Albers-Kegelprojektion

Die Albers-Kegelprojektion ist ein flächentreuer Kartennetzentwurf, bei dem die Erdoberfläche auf einen Kegel projiziert wird. Dabei berührt der Kegel, genauer Kegelstumpf, die Oberfläche entweder in einem Breitenkreis (Standardparallel) oder schneidet sie in zwei Standardparallelen. Die letztere Methode findet fast ausschließlich Anwendung.[1] Die Spitze des Kegels liegt üblicherweise auf der Erdachse. Geeignet ist diese Projektion für Regionen mit größerer Ost-West- als Nord-Süd-Ausdehnung. Die wichtigsten Eigenschaften sind:

  • Flächentreue, d. h. Flächeninhalte werden korrekt dargestellt;
  • Meridiane sind Geraden, haben zueinander gleiche Abstände und schneiden Breitenkreise rechtwinklig;
  • Breitenkreise sind parallel zueinander, die Abstände derselben variieren jedoch;
  • Schnittparallele werden längentreu abgebildet.
Albers-Kegelprojektion mit zwei Standardparallelen bei 15° und 75° nördlicher Breite.

Geschichte

Heinrich C. Albers (1773–1833), Sohn eines Kaufmanns aus Lüneburg, publizierte im November 1805 diese Form der konischen Abbildung in einem Aufsatz in Zachs Zeitschrift Monatliche Correspondenz und gilt seither als deren Erfinder. Albers waren Mängel in der Darstellung durch Patrick Murdochs († 1774) frühere Kegelprojektion[2] aufgefallen, bei der Teilflächen nicht flächentreu abgebildet werden. Bereits im Februar schrieb er im selben Blatt über den Entwurf von Murdoch:

„Ich f​rage nun, w​as es helfen kann, daß d​ie gesammte Kegel-Zone m​it der Kugel-Zone gleichen Inhalt hat, w​enn jede einzelne Zone bedeutend d​avon abweicht. Denn, b​ey jedem Lande, welches n​icht durch d​ie Meridiane u​nd Parallelkreise selbst begrenzt wird, k​ann auf d​iese Art d​ie Karte n​ie den wahren Flächenraum angeben; u​nd wo existirt e​in solches, d​urch vier rechtwinkelige Linien begrenztes Land?“[3]

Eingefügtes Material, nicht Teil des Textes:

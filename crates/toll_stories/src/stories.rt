//! Stories of the office, given to it line by line: owners ask over HTTP, the plant by its words.
mod batches;
mod genealogy;
mod imports;
mod lots;
mod movements;
mod owners;
mod voids;

use crate::Story;
pub use imports::{IMPORTED, K2_IMPORTED, REFUSED_IMPORTS, RefusedStory, check_refused_import};
use std::alloc::Global;
use std::test::Fail;

/// Offices that stories are given to.
pub trait Offices {
    /// Fails if another reply is given along a story, over an office without rows.
    fn check(&mut self, alloc: Global, story: Story) -> Result<(), Fail>;
}

fn check_each<O: Offices>(alloc: Global, offices: &mut O, stories: &[Story]) -> Result<(), Fail> {
    for story in stories {
        offices.check(alloc, story)?;
    }
    Ok(())
}

/// Gives all stories to offices. Fails with the first reply that is another one.
pub fn check_stories<O: Offices>(alloc: Global, offices: &mut O) -> Result<(), Fail> {
    check_each(alloc, offices, batches::BATCHES)?;
    check_each(alloc, offices, genealogy::GENEALOGY)?;
    check_each(alloc, offices, imports::IMPORTS)?;
    check_each(alloc, offices, lots::LOTS)?;
    check_each(alloc, offices, movements::MOVEMENTS)?;
    check_each(alloc, offices, owners::OWNERS)?;
    check_each(alloc, offices, voids::VOIDS)
}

In d​er Veröffentlichung seines eigenen Entwurfs schließt Albers m​it den Worten:

„Man sieht, daß d​iese meine Kegelprojection a​lle Vortheile d​er Murdoch’ischen gewährt, o​hne von i​hren Mängeln m​ehr zuzulassen, a​ls unvermeidlich sind. Wie d​enn auch d​ie von m​ir angegebenen Vorzüge […] d​er meinigen allein eigenthümlich gehören. Ich glaube a​lso mir m​it Recht schmeicheln z​u können, d​as Problem e​iner womöglich vollkommenen Kegelprojection zuerst befriedigend gelöset z​u haben.“

Heinrich Christian Albers[4]

Karten mit Albers-Projektion

Im Jahr 1806 zeichnete Albers seine Charte von Ostindien auf Grundlage von Arrowsmiths Map of India von 1804.[5] Es ist fraglich, ob er hierfür seine eigene Projektion angewandt hat.[6] Sie erschien in Gotha als Einzelblatt. Ein Zeitgenosse schrieb, die Karte habe „einen reinen saubern Stich, sehr leserliche Schrift, und eine sehr deutliche und einleuchtende Gränzen-Illuminirung“.[7] Im folgenden Jahr rezensierte Albers anonym die Arrowsmithsche Karte in der Monatlichen Correspondenz. Bemühungen seine Karte der Veröffentlichung beizufügen blieben ohne Erfolg.[8] In zeitlicher Nähe erschien die Karte dann als Beilage zum Sonderabdruck der Rezension auf sechs Blätter verteilt. Nach einigen Jahren wurde die Karte erneut, zusammen mit einer Auflistung des Flächeninhalts der einzelnen indischen Gebiete abgedruckt in Zimmermanns Taschenbuch der Reisen, „da sie weniger benutzt zu seyn scheint als sie es verdient“.[9]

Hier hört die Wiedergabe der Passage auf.